### ACTIVITY
Return, exactly as written, every line from the first line of the data below through the line that contains "pub(crate) const FIRST_TEXT: &[u8]".

### MATERIAL FOR THIS EXERCISE
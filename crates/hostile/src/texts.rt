//! Texts that several tests read, and what a run writes for them.

/// Symbols and formulas of a conditional, its first axiom, and a theorem that rests on one of the
/// two axioms.
pub(crate) const FIRST_TEXT: &[u8] =
    b"$c wff |- ( -> ) $.\n$v p q $.\nwp $f wff p $.\nwq $f wff q $.\nwi $a wff ( p -> q ) $.\nax-1 $a |- ( p -> ( q -> p ) ) $.\nwi2 $p wff ( p -> ( q -> p ) ) $= wp wq wp wi wi $.\n";

/// The report for that text.
pub(crate) const FIRST_REPORT: &[u8] =
    b"mmdepend 1\naxioms 2\ntheorems 1\nmatrix\nwi2:10\ncounts\nwi2:1\nusage\nwi:1:wi2\nax-1:0:\nend\n";

/// The beginning of the first text, up to its first axiom: 118 bytes.
pub(crate) const BEGINNING: &[u8] =
    b"$c wff |- ( -> ) $.\n$v p q $.\nwp $f wff p $.\nwq $f wff q $.\nwi $a wff ( p -> q ) $.\nax-1 $a |- ( p -> ( q -> p ) ) $.\n";

/// Two theorems with a hypothesis, of which the second cites the first, twice.
pub(crate) const CITED_TWICE: &[u8] =
    b"$c wff |- ( -> ) $.\n$v p q $.\nwp $f wff p $.\nwq $f wff q $.\nwi $a wff ( p -> q ) $.\nax-1 $a |- ( p -> ( q -> p ) ) $.\n${ min $e |- p $. maj $e |- ( p -> q ) $. ax-mp $a |- q $. $}\n${ h $e |- p $. a1i $p |- ( q -> p ) $= wp wq wp wi h wp wq ax-1 ax-mp $. $}\n${ g $e |- p $. a2 $p |- ( q -> ( q -> p ) ) $= wq wp wi wq wp wq g a1i a1i $. $}\n";

/// The report for that text.
pub(crate) const CITED_TWICE_REPORT: &[u8] =
    b"mmdepend 1\naxioms 3\ntheorems 2\nmatrix\na1i:111\na2:111\ncounts\na1i:3\na2:3\nusage\nwi:2:a1i a2\nax-1:2:a1i a2\nax-mp:2:a1i a2\nend\n";

/// The report of its statements.
pub(crate) const CITED_TWICE_STATEMENTS: &[u8] =
    b"mmdepend 1\naxioms 3\ntheorems 2\nstatements\nwi:a:60:83: $f wp wff p $f wq wff q $a wff ( p -> q )\nax-1:a:84:117: $f wp wff p $f wq wff q $a |- ( p -> ( q -> p ) )\nax-mp:a:160:176: $f wp wff p $f wq wff q $e min |- p $e maj |- ( p -> q ) $a |- q\na1i:p:196:253: $f wp wff p $f wq wff q $e h |- p $p |- ( q -> p )\na2:p:273:335: $f wp wff p $f wq wff q $e g |- p $p |- ( q -> ( q -> p ) )\nend\n";

/// Two blocks, and two theorems with a dummy variable that has to be distinct from the other one.
pub(crate) const DUMMIES: &[u8] =
    b"$c wff |- $. $v x y z $.\n${ fx $f wff x $. fy $f wff y $. fz $f wff z $. $d x y z $. e $e |- x y $. ax $a |- y $. $}\n${ gx $f wff x $. gz $f wff z $. $d x z $. one $a wff $. two $a |- x $.\n${ m $e |- z $. cut $a |- x $. $}\np $p |- x $= gx gz gz two cut $.\nq $p |- x $= ( gz two cut ) ABBCD $.\n$}\n";

/// The report of the statements of that text.
pub(crate) const DUMMIES_STATEMENTS: &[u8] =
    b"mmdepend 1\naxioms 4\ntheorems 2\nstatements\nax:a:100:113: $f fx wff x $f fy wff y $e e |- x y $d x y $a |- y\none:a:160:173: $a wff\ntwo:a:174:188: $f gx wff x $a |- x\ncut:a:205:219: $f gx wff x $f gz wff z $e m |- z $d x z $a |- x\np:p:223:255: $f gx wff x $v z $d x z $p |- x\nq:p:256:292: $f gx wff x $v z $d x z $p |- x\nend\n";

/// Only the first of these theorems, its proof in compressed form with a step that is marked and
/// repeated.
pub(crate) const COMPRESSED: &[u8] =
    b"$c wff |- ( -> ) $.\n$v p q $.\nwp $f wff p $.\nwq $f wff q $.\nwi $a wff ( p -> q ) $.\nax-1 $a |- ( p -> ( q -> p ) ) $.\n${ min $e |- p $. maj $e |- ( p -> q ) $. ax-mp $a |- q $. $}\n${ h $e |- p $. a1i $p |- ( q -> p ) $= ( wi ax-1 ax-mp ) AZBADCGBEF $. $}\n";

/// The report for that text.
pub(crate) const COMPRESSED_REPORT: &[u8] =
    b"mmdepend 1\naxioms 3\ntheorems 1\nmatrix\na1i:111\ncounts\na1i:3\nusage\nwi:1:a1i\nax-1:1:a1i\nax-mp:1:a1i\nend\n";

/// A theorem whose proof replaces two variables that have to be disjoint by two that aren't: E36 at
/// column 31 of line 8.
pub(crate) const NOT_DISJOINT: &[u8] =
    b"$c wff |- ( -> ) $.\n$v p q $.\nwp $f wff p $.\nwq $f wff q $.\nwi $a wff ( p -> q ) $.\nax-1 $a |- ( p -> ( q -> p ) ) $.\n${ $d p q $. ax-d $a |- ( p -> q ) $. $}\nbad $p |- ( p -> q ) $= wp wq ax-d $.\n";

/// The refusal of that text.
pub(crate) const NOT_DISJOINT_REFUSAL: &[u8] = b"refused 8:31 E36\n";

/// That text with a `$d` for the two, so that the proof is valid.
pub(crate) const DISJOINT: &[u8] =
    b"$c wff |- ( -> ) $.\n$v p q $.\nwp $f wff p $.\nwq $f wff q $.\nwi $a wff ( p -> q ) $.\nax-1 $a |- ( p -> ( q -> p ) ) $.\n${ $d p q $. ax-d $a |- ( p -> q ) $. $}\n${ $d p q $. good $p |- ( p -> q ) $= wp wq ax-d $. $}\n";

/// The report for that text.
pub(crate) const DISJOINT_REPORT: &[u8] =
    b"mmdepend 1\naxioms 3\ntheorems 1\nmatrix\ngood:001\ncounts\ngood:1\nusage\nwi:0:\nax-1:0:\nax-d:1:good\nend\n";

/// Two theorems whose proofs aren't valid; the first takes longer to check.
pub(crate) const TWO_FAULTS: &[u8] =
    b"$c wff |- ( -> ) $.\n$v p q $.\nwp $f wff p $.\nwq $f wff q $.\nwi $a wff ( p -> q ) $.\nax-1 $a |- ( p -> ( q -> p ) ) $.\nlong $p wff p $= wp wq wp wi wp wi wp wi wp wi $.\nshort $p wff p $= wq $.\n";

/// The refusal of that text.
pub(crate) const TWO_FAULTS_REFUSAL: &[u8] = b"refused 7:48 E37\n";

### TASK OUTPUT
filename crates/hostile/src/texts.rt
//! Texts that several tests read, and what a run writes for them.

/// Symbols and formulas of a conditional, its first axiom, and a theorem that rests on one of the
/// two axioms.
pub(crate) const FIRST_TEXT: &[u8] =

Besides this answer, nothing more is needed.